Influence of tumour burden on trastuzumab pharmacokinetics in HER2 positive non‐metastatic breast cancer

Aims Trastuzumab, an antibody binding to epidermal growth factor receptor‐2 (HER2), has been approved to treat HER2‐positive breast cancer in different settings. This study aimed at evaluating the influence of tumour size on trastuzumab pharmacokinetics (PK) in non‐metastatic breast cancer patients treated with short term pre‐operative trastuzumab. Methods Trastuzumab PK data were obtained from a multicentre, randomized and comparative study.

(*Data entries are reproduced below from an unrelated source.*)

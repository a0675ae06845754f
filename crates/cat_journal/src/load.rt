//! A load of a journal: what was written is made durable, the rows are read, and the gate byte at which they end is mended.
ghost use Rattle.std.specs.Prelude.{◌≡◌, ◌≢◌, ◌⊎◌, ◌<◌, ◌≤◌, [], length, List};
ghost use Rattle.cat_io.specs.Causes.{Rose};
ghost use Rattle.cat_keeper.specs.Store.{Changes, Rows};
ghost use Rattle.cat_journal.specs.Scanning.{IsToRead, IsScanned, content_read};
ghost use Rattle.cat_journal.specs.Stands.{Stands, SettlesSafely, TakesStill, LoadsStill, IsSafeLoad};
ghost use Rattle.cat_journal.specs.Loads.{IsSafe, IsPlaced, IsFound, Finds, IsDecided, Settles, TakesUp, TakesUpSafely, Takes, TakesSafely, Reads, LoadsAgain, LoadsFirst};

use crate::gate::{begin, shut};
use crate::records::{BEGINNING, Scanned, scan};
use cat_disk::{Disk, DiskDone, DiskRead};
use cat_keeper::rows::StoredRows;
use std::alloc::Global;

/// What is known of the gate byte at which the records end.
#[derive(Clone, Copy, Drop)]
pub enum Known {
    /// No load has found it.
    Nothing,
    /// It stands at this position, and is 0 on the disk.
    Closed(u64),
    /// It stands at this position, and a write of it failed: a crash may leave it 0 or not.
    Doubtful(u64),
}

/// What a load gave.
#[derive(Drop)]
pub enum Loading {
    /// The rows.
    Found(StoredRows),
    /// The journal is damaged at this position.
    Damaged(u64),
    /// The disk failed.
    Failed,
    /// Memory is wanted.
    NoMemory,
}

// Makes durable what was written. A gate byte in doubt is 0 from then on.
fn settle<D: Disk>(disk: &mut D, known: Known) -> (Known, DiskDone)
    requires { IsSafe known (record { moments = D.moments disk.old; content = D.content disk.old }) }
    ensures placed { IsPlaced result.0 }
    ensures settles { Settles known (record { moments = D.moments disk.old; content = D.content disk.old }) (record { moments = D.moments disk.new; content = D.content disk.new }) result.0 result.1 }
    ensures reads { IsToRead known (record { moments = D.moments disk.old; content = D.content disk.old }) (record { moments = D.moments disk.new; content = D.content disk.new }) result.1 }
    ensures crash { (base : Rows) (more : List Changes) → Stands base more known (record { moments = D.moments disk.old; content = D.content disk.old }) → SettlesSafely base more (record { moments = D.moments disk.old; content = D.content disk.old }) (record { moments = D.moments disk.new; content = D.content disk.new }) result.0 result.1 }
    ensures silent { D.moments disk.old ≡ [] → D.moments disk.new ≡ [] }
    ensures later { D.faults disk.old ≤ D.faults disk.new }
    ensures cause { result.1 ≡ DiskDone.Failed → Rose (D.faults disk.old) (D.faults disk.new) }
{
    match known {
        Known::Doubtful(gate) => match shut(disk, gate) {
            DiskDone::Done => (Known::Closed(gate), DiskDone::Done),
            DiskDone::Failed => (Known::Doubtful(gate), DiskDone::Failed),
        },
        Known::Closed(gate) => (Known::Closed(gate), disk.sync()),
        Known::Nothing => (Known::Nothing, disk.sync()),
    }
}

// Makes the gate byte ready at which the records of this content end: begins a journal in a file of at most 9 bytes, and writes 0
// over another gate byte than 0.
fn take_up<D: Disk>(disk: &mut D, content: &[u8], known: Known, gate: u64) -> (Known, DiskDone)
    requires inside { (9 < length content.now) → gate < length content.now }
    requires decided { IsDecided known }
    requires placed { IsPlaced known }
    requires reads { (D.moments disk.old ≡ []) ⊎ (content.now ≡ D.content disk.old) }
    ensures placed { IsPlaced result.0 }
    ensures found { IsFound known → IsFound result.0 }
    ensures done { result.1 ≡ DiskDone.Done → IsFound result.0 }
    ensures takes_up { TakesUp known gate (record { moments = D.moments disk.old; content = D.content disk.old }) (record { moments = D.moments disk.new; content = D.content disk.new }) result.0 result.1 }
    ensures safely { TakesUpSafely gate (record { moments = D.moments disk.old; content = D.content disk.old }) (record { moments = D.moments disk.new; content = D.content disk.new }) }
    ensures still { TakesStill known gate (record { moments = D.moments disk.old; content = D.content disk.old }) (record { moments = D.moments disk.new; content = D.content disk.new }) result.0 result.1 }
    ensures silent { D.moments disk.old ≡ [] → D.moments disk.new ≡ [] }
    ensures later { D.faults disk.old ≤ D.faults disk.new }
    ensures cause { result.1 ≡ DiskDone.Failed → Rose (D.faults disk.old) (D.faults disk.new) }
{
    if content.len() <= BEGINNING.len() {
        return match begin(disk) {
            DiskDone::Done => (Known::Closed(8), DiskDone::Done),
            DiskDone::Failed => (known, DiskDone::Failed),
        };
    }
    if content[gate as usize] == 0 {
        return (Known::Closed(gate), DiskDone::Done);
    }
    match shut(disk, gate) {
        DiskDone::Done => (Known::Closed(gate), DiskDone::Done),
        DiskDone::Failed => (Known::Doubtful(gate), DiskDone::Failed),
    }
}

// The rows of content that was read, and the gate byte made ready.
fn take<D: Disk>(alloc: Global, disk: &mut D, content: &[u8], known: Known) -> (Known, Loading)
    requires decided { IsDecided known }
    requires placed { IsPlaced known }
    requires reads { (D.moments disk.old ≡ []) ⊎ (content.now ≡ D.content disk.old) }
    ensures takes { Takes known (record { moments = D.moments disk.old; content = D.content disk.old }) (record { moments = D.moments disk.new; content = D.content disk.new }) result.0 result.1 }
    ensures reads { Reads known content.now result.0 result.1 }
    ensures found { IsFound known → IsFound result.0 }
    ensures finds { Finds result.1 result.0 }
    ensures safely { TakesSafely (record { moments = D.moments disk.old; content = D.content disk.old }) (record { moments = D.moments disk.new; content = D.content disk.new }) }
    ensures placed { IsPlaced result.0 }
    ensures still { LoadsStill known (record { moments = D.moments disk.old; content = D.content disk.old }) (record { moments = D.moments disk.new; content = D.content disk.new }) result.0 result.1 }
    ensures silent { D.moments disk.old ≡ [] → D.moments disk.new ≡ [] }
    ensures later { D.faults disk.old ≤ D.faults disk.new }
    ensures cause { result.1 ≡ Loading.Failed → Rose (D.faults disk.old) (D.faults disk.new) }
{
    match scan(alloc, content) {
        Ok(Scanned::Found(rows, gate)) => match take_up(disk, content, known, gate) {
            (known, DiskDone::Done) => (known, Loading::Found(rows)),
            (known, DiskDone::Failed) => (known, Loading::Failed),
        },
        Ok(Scanned::Damaged(place)) => (known, Loading::Damaged(place)),
        Err(_) => (known, Loading::NoMemory),
    }
}

// The rows of the content that reads, and the gate byte made ready.
fn read_and_take<D: Disk>(alloc: Global, disk: &mut D, known: Known) -> (Known, Loading)
    requires decided { IsDecided known }
    requires placed { IsPlaced known }
    ensures takes { Takes known (record { moments = D.moments disk.old; content = D.content disk.old }) (record { moments = D.moments disk.new; content = D.content disk.new }) result.0 result.1 }
    ensures reads { (D.moments disk.old ≡ []) ⊎ Reads known (D.content disk.old) result.0 result.1 }
    ensures found { IsFound known → IsFound result.0 }
    ensures finds { Finds result.1 result.0 }
    ensures safely { TakesSafely (record { moments = D.moments disk.old; content = D.content disk.old }) (record { moments = D.moments disk.new; content = D.content disk.new }) }
    ensures placed { IsPlaced result.0 }
    ensures still { LoadsStill known (record { moments = D.moments disk.old; content = D.content disk.old }) (record { moments = D.moments disk.new; content = D.content disk.new }) result.0 result.1 }
    ensures silent { D.moments disk.old ≡ [] → D.moments disk.new ≡ [] }
    ensures later { D.faults disk.old ≤ D.faults disk.new }
    ensures cause { result.1 ≡ Loading.Failed → Rose (D.faults disk.old) (D.faults disk.new) }
{
    let mut content = Vec::new(alloc);
    match disk.read(&mut content) {
        DiskRead::Read => take(alloc, disk, &content, known),
        DiskRead::Failed => (known, Loading::Failed),
        DiskRead::NoMemory => (known, Loading::NoMemory),
    }
}

/// The rows of the journal on a disk, with what is known of its gate byte from then on. Where the disk failed, or memory is wanted,
/// none are given.
pub fn load_rows<D: Disk>(alloc: Global, disk: &mut D, known: Known) -> (Known, Loading)
    requires { IsSafe known (record { moments = D.moments disk.old; content = D.content disk.old }) }
    ensures safe { IsSafe result.0 (record { moments = D.moments disk.new; content = D.content disk.new }) }
    ensures again { LoadsAgain known (record { moments = D.moments disk.old; content = D.content disk.old }) (record { moments = D.moments disk.new; content = D.content disk.new }) result.0 result.1 }
    ensures finds { Finds result.1 result.0 }
    ensures first { LoadsFirst known (record { moments = D.moments disk.old; content = D.content disk.old }) (record { moments = D.moments disk.new; content = D.content disk.new }) result.0 result.1 }
    ensures scanned { D.moments disk.old ≢ [] → IsScanned (content_read known (D.content disk.old)) (D.content disk.new) result.1 }
    // A crash at any moment leaves the rows that stood.
    ensures crash { (base : Rows) (more : List Changes) → Stands base more known (record { moments = D.moments disk.old; content = D.content disk.old }) → IsSafeLoad base more (record { moments = D.moments disk.old; content = D.content disk.old }) (record { moments = D.moments disk.new; content = D.content disk.new }) result.0 result.1 }
    ensures silent { D.moments disk.old ≡ [] → D.moments disk.new ≡ [] }
    ensures later { D.faults disk.old ≤ D.faults disk.new }
    ensures cause { result.1 ≡ Loading.Failed → Rose (D.faults disk.old) (D.faults disk.new) }
{
    match settle(disk, known) {
        (known, DiskDone::Done) => read_and_take(alloc, disk, known),
        (known, DiskDone::Failed) => (known, Loading::Failed),
    }
}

This antibody was administered pre‐operatively to patients with localized HER2‐positive breast cancer as a single 4 mg kg −1 loading dose followed by 5 weekly 2 mg kg −1 doses. Trastuzumab concentrations were measured repeatedly using an ELISA technique. Tumour size was evaluated at baseline using breast echography. Trastuzumab pharmacokinetics were studied using a population approach and a two compartment model. The influence of tumour burden on trastuzumab pharmacokinetics was quantified as a covariate. Results A total of 784 trastuzumab concentrations were available from the 79 eligible patients. Estimated parameters (interindiviual standard deviation) were central volume of distribution =2.1 l (23%), peripheral volume of distribution =1.3 l (38%), intercompartment clearance =0.36 l day −1 , with an elimination half‐life of 11.8 days. Typical clearance was 0.22 l day −1 (19%) and its value was increased with tumour size. In patients with the highest tumour size, trastuzumab clearance was 50% [18%–92%] higher than in patients with the lowest tumour size. Conclusions In non‐metastatic breast cancer patients, trastuzumab clearance increases with tumour size. The elimination half‐life of trastuzumab was shorter in the present population of patients than in metastatic breast cancer patients previously studied.